Context: The aim of this study is to determine the formability of SG295 (2,2 mm thick) and SG325 (2,3 mm thick) steel sheets, as well as their relationship with the sheets’ behavior in deep drawing and stretching operations. To this effect, chemical, metallographic, and mechanical analyses of the sheets were carried out. Method: The chemical analysis was carried out via optical emission spectrometry, and the metallographic structure was analyzed using the ASTM E3 standard. The intrinsic properties related to the formability of materials such as the elongation to fracture for a 50 mm gauge length, the conventional yield limit at 0,2% elongation, the ultimate strength, the strain hardening exponent, and the anisotropy coefficient at 15% elongation were determined through tensile tests according to ASTM E8M, ASTM E646, and ASTM 517. Forming limit curves were determined under ASTM E2218, for which a device was designed, built, and attached to a universal testing machine.

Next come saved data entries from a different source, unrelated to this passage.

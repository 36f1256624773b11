// Document 01, "A submission file": a field's number, its bytes in little-endian order.
ghost use Rattle.std.specs.Prelude.{◌≡◌, ◌+◌, ◌≤◌, ◌<◌, length};
ghost use Rattle.rulebook.specs.File.{num};

// The number that n bytes spell; a field of no bytes is 0.
// A position and a width, as the rule book's `num` reads a file: its callers have positions, not parts.
pub fn number(s: &[u8], at: usize, n: usize) -> usize
    requires { (n ≤ 2) × (at + n ≤ length s.now) }
    ensures { (result ≡ num n s.now at) × (result < 65536) }
{
    match n {
        0 => 0,
        1 => usize::from(s[at]),
        _ => usize::from(u16::from_le_bytes([s[at], s[at + 1]])),
    }
}
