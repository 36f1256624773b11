// Document 01, "Units and ranges", and the ranges that other chapters name. The code has these figures from here alone.

// 31 December 2099, in days since 1 January 2000.
pub const LAST_DAY: usize = 36524;

pub const INTERVALS: usize = 48;

// kWh of an interval; a metered injection is so much either way.
pub const MOST_QUANTITY: i64 = 10000000;

pub const LEAST_INJECTION: i64 = -MOST_QUANTITY;

// kWh of all non-contestable consumers in an interval.
pub const MOST_LOAD: i64 = 1000000000;

// Cents per MWh, either way.
pub const MOST_PRICE: i64 = 1000000;

pub const LEAST_PRICE: i64 = -MOST_PRICE;

// kWh times cents per MWh is thousandths of a cent.
pub const THOUSANDTHS_PER_CENT: u64 = 1000;

// "Reference price V", "Shares and tranches": facilities, accounts, and R of a call.
pub const MOST_FACILITIES: usize = 4;

pub const MOST_ACCOUNTS: usize = 32;

pub const LEAST_RESIDUAL: i64 = -1280000000;

pub const MOST_RESIDUAL: i64 = 1000000000;

// Document 02, P1: the day's total, the contracted quantity of a Gas Balancing Period, and a day's such periods.
pub const MOST_DAY_KWH: i64 = 480000000;

pub const MOST_CONTRACTED: i64 = 10000000;

pub const BALANCING_PERIODS: usize = 24;

// Tender vesting pairs of a vesting row.
pub const TENDERS: usize = 3;

// "The book": L and H at most, and 1 January 2026, the earliest first day.
pub const MOST_LAG: usize = 75;

pub const MOST_HORIZON: usize = 92;

pub const EARLIEST_FIRST_DAY: usize = 9497;

// A balance grows by no more cents a closed day, either way.
pub const DAY_BOUND: usize = 4800000000000;

// Document 02, P5: a closed day leaves no more thousandths of a cent of an account, either way.
pub const DIFFERENCE_BOUND: usize = 500;
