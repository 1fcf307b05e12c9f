use scx_asm_text::{Token, tokens};
use std::alloc::Global;

/// A token of a line, and the offsets of its first byte and of the byte after it.
#[derive(Clone, Copy)]
pub(crate) struct Spot<'a> {
    pub(crate) token: Token<'a>,
    pub(crate) at: usize,
    pub(crate) end: usize,
}

/// The tokens of a line, up to a comment or to a byte that begins none.
#[derive(Drop)]
pub(crate) struct Spots<'a> {
    pub(crate) spots: Vec<Spot<'a>>,
    /// The offset at which they end.
    pub(crate) stop: usize,
    /// True if a byte that begins no token is there.
    pub(crate) is_cut: bool,
}

/// The tokens of a line. None if memory ran out.
pub(crate) fn spots_of<'a>(alloc: Global, line: &'a str) -> Option<Spots<'a>> {
    let mut found = Vec::new(alloc);
    let spots = match tokens(line.as_bytes(), &mut found) {
        Ok(is_whole) => placed(alloc, line.as_bytes(), found.as_slice(), is_whole),
        Err(_) => None,
    };
    drop(found);
    spots
}

/// The tokens with their offsets.
fn placed<'a>(
    alloc: Global,
    line: &[u8],
    tokens: &[Token<'a>],
    is_whole: bool,
) -> Option<Spots<'a>> {
    let mut spots = Vec::new(alloc);
    let mut at = 0usize;
    for token in tokens {
        let begin = past_blanks(line, at);
        let end = begin.saturating_add(length_of(token, rest_of(line, begin)));
        let spot = Spot {
            token: *token,
            at: begin,
            end,
        };
        spots.push(spot).ok()?;
        at = end;
    }
    Some(Spots {
        spots,
        stop: past_blanks(line, at),
        is_cut: !is_whole,
    })
}

/// The bytes from an offset on.
fn rest_of(line: &[u8], at: usize) -> &[u8] {
    line.get(at..).unwrap_or(&[])
}

/// The offset of the first byte from there on that is no blank.
fn past_blanks(line: &[u8], at: usize) -> usize {
    let rest = rest_of(line, at);
    let blanks = count_of(rest, Sort::Blank);
    at.saturating_add(blanks)
}

/// The number of bytes of a token with which the text begins.
fn length_of(token: &Token<'_>, text: &[u8]) -> usize {
    match *token {
        Token::Word(word) => word.len(),
        Token::Mark(symbol) => symbol.text().len(),
        Token::Number(_, _) => number_length(text),
    }
}

fn number_length(text: &[u8]) -> usize {
    match text {
        [b'0', b'x', digits @ ..] if is_hexadecimal(digits) => {
            count_of(digits, Sort::Hexadecimal).saturating_add(2)
        }
        _ => count_of(text, Sort::Digit),
    }
}

/// True if the text begins with a hexadecimal digit.
fn is_hexadecimal(text: &[u8]) -> bool {
    match text {
        [digit, ..] => digit.is_ascii_hexdigit(),
        [] => false,
    }
}

/// A sort of bytes.
#[derive(Clone, Copy)]
enum Sort {
    Blank,
    Digit,
    Hexadecimal,
}

impl Sort {
    fn has(self, byte: u8) -> bool {
        match self {
            Sort::Blank => byte == b' ' || byte == b'\t',
            Sort::Digit => byte.is_ascii_digit(),
            Sort::Hexadecimal => byte.is_ascii_hexdigit(),
        }
    }
}

/// The number of bytes of that sort with which a text begins.
fn count_of(text: &[u8], sort: Sort) -> usize {
    let mut count = 0usize;
    for byte in text {
        if !sort.has(*byte) {
            return count;
        }
        count = count.saturating_add(1);
    }
    count
}
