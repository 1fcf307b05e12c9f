use crate::scan::Scan;
use crate::spots::Spot;
use crate::wrong::{Why, Wrong};
use scx_asm_text::Token;

/// The label at the end of a jump that no line defines.
pub(crate) fn no_label<'a>(scan: Scan<'_, 'a>) -> Option<Wrong<'a>> {
    let spot = last_word(scan.spots())?;
    Some(Wrong {
        at: spot.at,
        why: Why::NoLabel(scan.line().get(spot.at..spot.end)?),
    })
}

fn last_word<'a>(spots: &[Spot<'a>]) -> Option<Spot<'a>> {
    let mut last = None;
    for spot in spots {
        if let Token::Word(_) = spot.token {
            last = Some(*spot);
        }
    }
    last
}

/// The label of the line, and the earlier line that defines it.
pub(crate) fn twice<'a>(scan: Scan<'_, 'a>, text: &str, before: usize) -> Option<Wrong<'a>> {
    let label = scan.text();
    for (index, line) in text.lines().enumerate() {
        let number = index.saturating_add(1);
        if number >= before {
            return None;
        }
        if label_of(line) == Some(label) {
            return Some(Wrong {
                at: scan.at(),
                why: Why::Twice(number),
            });
        }
    }
    None
}

/// The label that a line is, if it is one.
fn label_of(line: &str) -> Option<&str> {
    let code = match line.split_once('#') {
        Some((before, _comment)) => before,
        None => line,
    };
    Some(code.trim().strip_suffix(':')?.trim())
}
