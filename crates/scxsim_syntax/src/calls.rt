use crate::registers::number;
use crate::scan::Scan;
use crate::wrong::{Why, Wrong};
use scx_asm_text::{Token, helper_name};
use scx_isa_semantics::Helper;

/// The words on a call without a number.
const NUMBER: &str = "a number is wanted: docs/POLICIES.md has those of the helpers";

/// The greatest number of a helper.
const LAST: i32 = 1100;

/// Reads a call, after its word.
pub(crate) fn call<'a>(scan: Scan<'_, 'a>) -> Result<(), Wrong<'a>> {
    if let Some((name, number)) = helper_at(scan) {
        return Err(scan.wrong(Why::Helper(name, number)));
    }
    number(scan, NUMBER)?.end("a call is of a number alone; r1 to r5 are its arguments")
}

/// The name and the number of the helper whose name is the next token.
pub(crate) fn helper_at(scan: Scan<'_, '_>) -> Option<(&'static str, i32)> {
    let Some(Token::Word(_)) = scan.first() else {
        return None;
    };
    helper_named(without_prefix(scan.text()))
}

/// The name without what the kernel's has before it.
fn without_prefix(name: &str) -> &str {
    for prefix in ["scx_bpf_", "bpf_"] {
        if let Some(rest) = name.strip_prefix(prefix) {
            return rest;
        }
    }
    name
}

fn helper_named(name: &str) -> Option<(&'static str, i32)> {
    for number in 0..LAST {
        if let Some(known) = name_of_helper(number)
            && known == name
        {
            return Some((known, number));
        }
    }
    None
}

/// The name of the helper of that number, if there is one.
fn name_of_helper(number: i32) -> Option<&'static str> {
    Some(helper_name(Helper::new(number)?))
}
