use crate::registers::{Name, name_of, operand};
use crate::scan::{Fits, Scan};
use crate::wrong::Wrong;
use scx_asm_text::{Symbol, Token};
use scx_isa_semantics::Operation;

/// The words on memory that isn't written as such.
const MEMORY: &str = "memory is *(u64 *)(r1 + 0), or of u8, u16 or u32";

/// The words on an address.
const ADDRESS: &str = "an address is an r register and an offset: (r1 + 0)";

/// Reads memory, after the star that it begins with.
pub(crate) fn memory<'t, 'a>(scan: Scan<'t, 'a>, is_stored: bool) -> Fits<'t, 'a> {
    let scan = size(scan.mark(Symbol::Opening, MEMORY)?, is_stored)?;
    let scan = scan
        .mark(Symbol::Star, MEMORY)?
        .mark(Symbol::Closing, MEMORY)?;
    let scan = base(scan.mark(Symbol::Opening, ADDRESS)?)?;
    offset(scan)?.mark(Symbol::Closing, ADDRESS)
}

/// The size of an access comes next.
fn size<'t, 'a>(scan: Scan<'t, 'a>, is_stored: bool) -> Fits<'t, 'a> {
    match scan.text() {
        "u8" | "u16" | "u32" | "u64" => Ok(scan.after()),
        "s8" | "s16" | "s32" if is_stored => Err(scan.unfit(
            "a store has no sign: u8, u16, u32 or u64",
        )),
        "s8" | "s16" | "s32" => Ok(scan.after()),
        _ => Err(scan.unfit(MEMORY)),
    }
}

/// The register of an address comes next.
fn base<'t, 'a>(scan: Scan<'t, 'a>) -> Fits<'t, 'a> {
    match scan.first() {
        Some(Token::Word(word)) if name_of(word) == Name::Whole => Ok(scan.after()),
        _ => Err(scan.unfit(ADDRESS)),
    }
}

/// The offset of an address comes next.
fn offset<'t, 'a>(scan: Scan<'t, 'a>) -> Fits<'t, 'a> {
    match (scan.text(), scan.second()) {
        ("+" | "-", Some(Token::Number(_, _))) => Ok(scan.after().after()),
        _ => Err(scan.unfit(ADDRESS)),
    }
}

/// Reads a store, after the star that it begins with.
pub(crate) fn store<'a>(scan: Scan<'_, 'a>) -> Result<(), Wrong<'a>> {
    let scan = memory(scan, true)?;
    let given = scan.mark(
        Symbol::Assign(Operation::Move),
        "a store is *(u64 *)(r1 + 0) = r2; memory is changed in a register",
    )?;
    match given.first() {
        Some(Token::Word(word)) if name_of(word) == Name::Low => {
            Err(given.unfit("a store takes an r register, of which it stores the low bytes"))
        }
        _ => operand(given, Name::Whole)?.end("one store a line"),
    }
}
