use crate::calls::helper_at;
use crate::memory::memory;
use crate::registers::{Name, name_of, number, operand, register};
use crate::scan::Scan;
use crate::wrong::{Two, Why, Wrong};
use scx_asm_text::{Symbol, Token};
use scx_isa_semantics::Operation;

/// The words on a value that is none.
const VALUE: &str = "a register, a number, memory as *(u64 *)(r2 + 0) or map 0 is wanted";

/// The words on what comes after an instruction.
const ENDS: &str = "the instruction ends before this";

/// Reads the rest of a line that begins with a register, whose name that is.
pub(crate) fn after_register<'a>(
    scan: Scan<'_, 'a>,
    width: Name,
    to: &'a str,
) -> Result<(), Wrong<'a>> {
    match scan.first() {
        Some(Token::Mark(Symbol::Assign(Operation::Move))) => value(scan.after(), width, to),
        Some(Token::Mark(Symbol::Assign(_))) => operand(scan.after(), width)?.end(ENDS),
        Some(Token::Mark(Symbol::Compare(_))) => {
            Err(scan.unfit("a comparison is of a jump: if r1 == r2 goto end"))
        }
        Some(Token::Mark(Symbol::Plus | Symbol::Minus | Symbol::Star)) => {
            Err(scan.unfit("an operation has a =, as r1 += 1"))
        }
        _ => Err(scan.unfit("= or an operation is wanted, as r1 = 5 or r1 += 1")),
    }
}

/// Reads the right side of `rD =`, where the register is `to`.
fn value<'a>(scan: Scan<'_, 'a>, width: Name, to: &'a str) -> Result<(), Wrong<'a>> {
    match scan.first() {
        Some(Token::Word(word)) => word_value(scan, word, width, to),
        Some(Token::Mark(Symbol::Star)) if width == Name::Low => {
            Err(scan.unfit("an r register is loaded: r1 = *(u32 *)(r2 + 0)"))
        }
        Some(Token::Mark(Symbol::Star)) => memory(scan.after(), false)?.end(ENDS),
        Some(Token::Mark(Symbol::Opening)) => extended(scan.after(), width),
        Some(Token::Mark(Symbol::Minus)) => negative(scan, width, to),
        _ => numeral(scan, width, to),
    }
}

/// Reads a number after `rD =`.
fn numeral<'a>(scan: Scan<'_, 'a>, width: Name, to: &'a str) -> Result<(), Wrong<'a>> {
    let rest = number(scan, VALUE)?;
    if width == Name::Whole && rest.text() == "ll" {
        return rest.after().end(ENDS);
    }
    operation_or_end(rest, to, scan.text_up_to(rest))
}

/// Reads what begins with a sign after `rD =`: the same register, or a number.
fn negative<'a>(scan: Scan<'_, 'a>, width: Name, to: &'a str) -> Result<(), Wrong<'a>> {
    let rest = scan.after();
    if let Some(Token::Word(_)) = rest.first() {
        if rest.text() == to {
            return rest.after().end(ENDS);
        }
        return Err(rest.unfit("a register is negated in place: r1 = -r1"));
    }
    numeral(scan, width, to)
}

/// Reads `(s8)rS`, after the parenthesis.
fn extended<'a>(scan: Scan<'_, 'a>, width: Name) -> Result<(), Wrong<'a>> {
    match (scan.text(), width) {
        ("s8" | "s16", _) | ("s32", Name::Whole) => {
            let scan = scan
                .after()
                .mark(Symbol::Closing, "a ) is wanted: r1 = (s8)r2")?;
            register(scan, width, "a register is wanted: r1 = (s8)r2")?.end(ENDS)
        }
        _ => Err(scan.unfit("only signs are extended so: r1 = (s8)r2, or s16 or s32")),
    }
}

/// Reads what begins with a word after `rD =`.
fn word_value<'a>(
    scan: Scan<'_, 'a>,
    word: &[u8],
    width: Name,
    to: &'a str,
) -> Result<(), Wrong<'a>> {
    if name_of(word) != Name::Other {
        let rest = register(scan, width, VALUE)?;
        return operation_or_end(rest, to, scan.text());
    }
    match scan.text() {
        "map" if width == Name::Whole => {
            number(scan.after(), "the number of a map is wanted: r1 = map 0")?.end(ENDS)
        }
        "le16" | "le32" | "le64" | "be16" | "be32" | "be64" | "bswap16" | "bswap32" | "bswap64" =>
            swapped(scan.after(), width, to),
        "call" => Err(scan.unfit("a call answers in r0: call 5, then r1 = r0")),
        _ if helper_at(scan).is_some() => {
            Err(scan.unfit(
                "a helper is called by its number, and answers in r0: call 5, then r1 = r0",
            ))
        }
        _ => Err(scan.unfit(VALUE)),
    }
}

/// Reads the register of a byte swap.
fn swapped<'a>(scan: Scan<'_, 'a>, width: Name, to: &'a str) -> Result<(), Wrong<'a>> {
    if width == Name::Whole && scan.text() == to {
        scan.after().end(ENDS)
    } else {
        Err(scan.unfit("bytes are swapped in place: r1 = be16 r1"))
    }
}

/// The line ends after `TO = FROM`, or has a second operation.
fn operation_or_end<'a>(scan: Scan<'_, 'a>, to: &'a str, from: &'a str) -> Result<(), Wrong<'a>> {
    match two_in(scan, to, from) {
        Some(two) => Err(Wrong {
            at: scan.at(),
            why: Why::Two(two),
        }),
        None => scan.end(ENDS),
    }
}

/// The parts of a line that has a second operation here.
fn two_in<'a>(scan: Scan<'_, 'a>, to: &'a str, from: &'a str) -> Option<Two<'a>> {
    let line = scan.line();
    let at = scan.at();
    let (sign, rest) = line.get(at..)?.split_at_checked(1)?;
    if !matches!(sign, "+" | "-" | "*" | "/" | "%" | "&" | "|" | "^") {
        return None;
    }
    let by = operand_in(rest);
    if by.is_empty() {
        return None;
    }
    Some(Two { to, from, sign, by })
}

/// The operand that the rest of a line is, without its blanks and its comment; empty if it isn't one.
fn operand_in(rest: &str) -> &str {
    let by = match rest.split_once('#') {
        Some((before, _comment)) => before.trim(),
        None => rest.trim(),
    };
    let digits = by.strip_prefix('-').unwrap_or(by);
    if digits.bytes().all(|byte| byte.is_ascii_alphanumeric()) {
        by
    } else {
        ""
    }
}
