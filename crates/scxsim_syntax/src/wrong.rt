use scxsim_output::Text;

/// The fault of a line, and its offset in bytes.
#[derive(Clone, Copy)]
pub(crate) struct Wrong<'a> {
    pub(crate) at: usize,
    pub(crate) why: Why<'a>,
}

/// A fault, and what to write instead.
#[derive(Clone, Copy)]
pub(crate) enum Why<'a> {
    /// It is said in these words.
    Words(&'static str),
    /// No token begins with the character there.
    Character,
    /// The line is of another assembly language; this form does the same.
    Mnemonic(&'static str),
    /// The helper of that name is called by its number.
    Helper(&'static str, i32),
    /// The line has two operations.
    Two(Two<'a>),
    /// No line defines the label.
    NoLabel(&'a str),
    /// The line of that number defines the label.
    Twice(usize),
}

/// An assignment of a sum or the like, in its parts.
#[derive(Clone, Copy)]
pub(crate) struct Two<'a> {
    pub(crate) to: &'a str,
    pub(crate) from: &'a str,
    pub(crate) sign: &'a str,
    pub(crate) by: &'a str,
}

impl Why<'_> {
    /// Appends it, as of that line with this fault at that offset.
    pub(crate) fn push(self, line: &str, at: usize, said: &mut Text) {
        match self {
            Why::Words(words) => said.push(words),
            Why::Character => said.push(words_of_character(line, at)),
            Why::Mnemonic(form) => {
                said.push("no such form; ");
                said.push(form);
            }
            Why::Helper(name, number) => {
                said.push("a number is wanted: ");
                said.push(name);
                said.show(" is ", &number);
            }
            Why::Two(two) => two.push(said),
            Why::NoLabel(label) => {
                said.push("no line is ");
                said.push(label);
                said.push(":");
            }
            Why::Twice(line) => said.number("the label is on line ", line as u64),
        }
    }
}

impl Two<'_> {
    fn push(self, said: &mut Text) {
        said.push("one operation a line: ");
        said.push(self.to);
        said.push(" = ");
        said.push(self.from);
        said.push(", then ");
        said.push(self.to);
        said.push(" ");
        said.push(self.sign);
        said.push("= ");
        said.push(self.by);
    }
}

/// The words on a character that begins no token.
fn words_of_character(line: &str, at: usize) -> &'static str {
    match line.as_bytes().get(at) {
        Some(b',') => "no comma is in any form: r1 = r2 moves, r1 += r2 adds",
        Some(b';') => "nothing ends a line but the line feed; # begins a comment",
        Some(b'/') => "an operation has a =, as r1 /= r2; # begins a comment",
        Some(b'%' | b'|' | b'^') => "an operation has a =, as r1 |= r2",
        Some(b'[' | b']' | b'{' | b'}') => "an address is in parentheses: *(u64 *)(r1 + 8)",
        Some(b'!' | b'~') => "r1 ^= -1 turns all bits over; != compares",
        Some(b'.' | b'_' | b'@' | b'$') => "a word begins with a letter",
        Some(b'\r') => "a carriage return is only before a line feed",
        Some(128..=255) => "only ASCII is read outside of comments",
        _ => "no token begins with this character",
    }
}
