ghost use Rattle.std.specs.Prelude.{◌≡◌, ◌+◌, ◌≤◌, ◌<◌, ◌^◌, ◌++◌, ◌||◌, true, false, Some, None, Ok, Err, length, IfOk, IfErr, OnOk};
ghost use Rattle.scx_isa_semantics.specs.Arguments.{FitsCallback};
ghost use Rattle.scx_isa_semantics.specs.declared.callbacks.Callback.TheVariants.{Enable};
ghost use Rattle.scx_vm.specs.Arguments.{program_arguments};
ghost use Rattle.scx_weights.specs.Counting.{any_below};
ghost use Rattle.scx_weights.specs.Hierarchy.{is_active_task, is_in_mask};
ghost use Rattle.scx_sched_machine.specs.declared.start.NewError.TheVariants.{OutOfMemory};
ghost use Rattle.scx_sched_policy.specs.Policy.{IsTimeout, AreAs};
ghost use Rattle.scx_sched_machine.specs.Budgets.{HasRoom, enable_pushes, idle_pushes, program_pushes, start_pushes};
ghost use Rattle.scx_sched_machine.specs.Callbacks.{AreAnswered, one_task};
ghost use Rattle.scx_sched_machine.specs.Hearing.{Hears};
ghost use Rattle.scx_sched_machine.specs.Start.{is_nowhere, is_bad_shape, blank, cause_answer, after_init, begin_with, has_by_linux, begin_by_linux, enable, then_weigh, then_enable, after_enables, then_idle, after_idles, all_idle, all_enabled, first_state, IsRefusal, init_calls, begin_calls, begin_calls_by_linux, weigh_calls, enable_calls, calls_below, idle_calls, idle_calls_below, calls_after_enables, calls_after_init, start_calls, calls_before, AreAnsweredBefore};

use crate::callbacks::{one_task, run_callback, task_and_number, two_numbers};
use crate::machine::Machine;
use crate::sink::Hearer;
use scx_isa::Callback;
use scx_maps::Maps;
use scx_sched_policy::Policy;
use scx_sched_world::{Cause, World};
use scx_vm::Args;
use scx_vm_run::Core;
use scx_weights::Tree;
use std::alloc::{AllocError, Global};
use thiserror::Error;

Results: The results for the SG295 and SG325 steel sheets were as follows: tensile strength; 450 and 520 MPa; elongation at fracture: 24,9 and 17,2%; strain hardening exponent: 0,24 and 0,19; normal anisotropy: 1,64 and 1,29; planar anisotropy: 0,23 and -0,02. The FLD0 determined from the formality limit curves (FLCs) for the two steel sheets showed ε1 values of 0,281 and 0,336, respectively. Conclusions: Although the intrinsic properties (such as A50, n, and rm) of the SG295 steel sheet show values related to a greater formability, the FLCs show that SG325 steel performs slightly better due to its greater thickness.